Early Life and Career
Childhood and Athletic Beginnings
Tom Selleck was born on January 29, 1945, in Detroit, Michigan, and grew up in Sherman Oaks, California. From an early age, he was involved in sports, particularly basketball. which played a significant role in his physical development. His athletic pursuits continued into college. where he attended the University of Southern California (USC) on a basketball scholarship. This early involvement in sports laid a strong foundation for his physical health and disciplined lifestyle.
Transition to Acting
Selleck's transition from an athlete to an actor came with its physical demands. His first significant role in "Magnum P.I." required him to perform various stunts and maintain a fit appearance.

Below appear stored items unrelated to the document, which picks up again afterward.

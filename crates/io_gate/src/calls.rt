//! The calls of an object in memory that are to fail.
ghost use Rattle.std.specs.Prelude.{◌≡◌, ◌<◌, ◌^◌, is_err, nat_eq};
ghost use Rattle.std.specs.List.{list_any};
ghost use Rattle.io_gate.specs.Calls.{is_due, uncalled, with_fault, after_call};

use crate::streams::Failed;
use std::marker::Model;

/// The numbers of the calls that are to fail, how many calls were made, and how many failed.
#[derive(Drop)]
pub struct FailingCalls {
    fails: Vec<u64>,
    made: u128,
    faults: u64,
}

impl Model for FailingCalls {
    ghost use Rattle.io_gate.specs.Calls.{Calls, coded_calls};

    ghost Value = { Calls };

    ghost coded = { coded_calls };

    ghost view = { λ c. record { fails = c.fails.items; made = c.made; faults = c.faults } };
}

impl FailingCalls {
    /// No call was made.
    pub fn new(fails: Vec<u64>) -> Self
        ensures { result ≡ uncalled fails.items }
    {
        FailingCalls {
            fails,
            made: 0,
            faults: 0,
        }
    }

    /// One call more, which fails where its number is to.
    pub fn call(&mut self) -> Result<(), Failed>
        ensures after { self.new ≡ after_call (is_err result) self.old }
        ensures fails { is_err result ≡ is_due self.old }
        ensures fits { self.old.faults < 2 ^ 64 }
    {
        let faults = self.faults;
        let is_due = stands_in(self.made, &self.fails);
        self.made = self.made.saturating_add(1);
        if is_due {
            self.faults = faults.saturating_add(1);
            return Err(Failed);
        }
        Ok(())
    }

    /// A fault of another cause.
    pub fn count_fault(&mut self)
        ensures { self.new ≡ with_fault self.old }
    {
        self.faults = self.faults.saturating_add(1);
    }
}

/// Whether the number is among these.
fn stands_in(number: u128, numbers: &[u64]) -> bool
    ensures { result ≡ list_any (λ n. nat_eq n number) numbers.now }
{
    numbers.iter().any(|n| u128::from(*n) == number)
}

This role, which he played from 1980 to 1988. necessitated a rigorous fitness routine to meet the show's demands. setting the stage for his long-term commitment to health and wellness.
Fitness Regimen
Workout Routine
Tom Selleck health and fitness regimen has evolved. adapting to his changing roles and age. During his "Magnum, P.I." days. Selleck's workouts were intense and focused on building and maintaining muscle mass. His routine included weightlifting, cardiovascular exercises. and specific training for the stunts he performed on the show.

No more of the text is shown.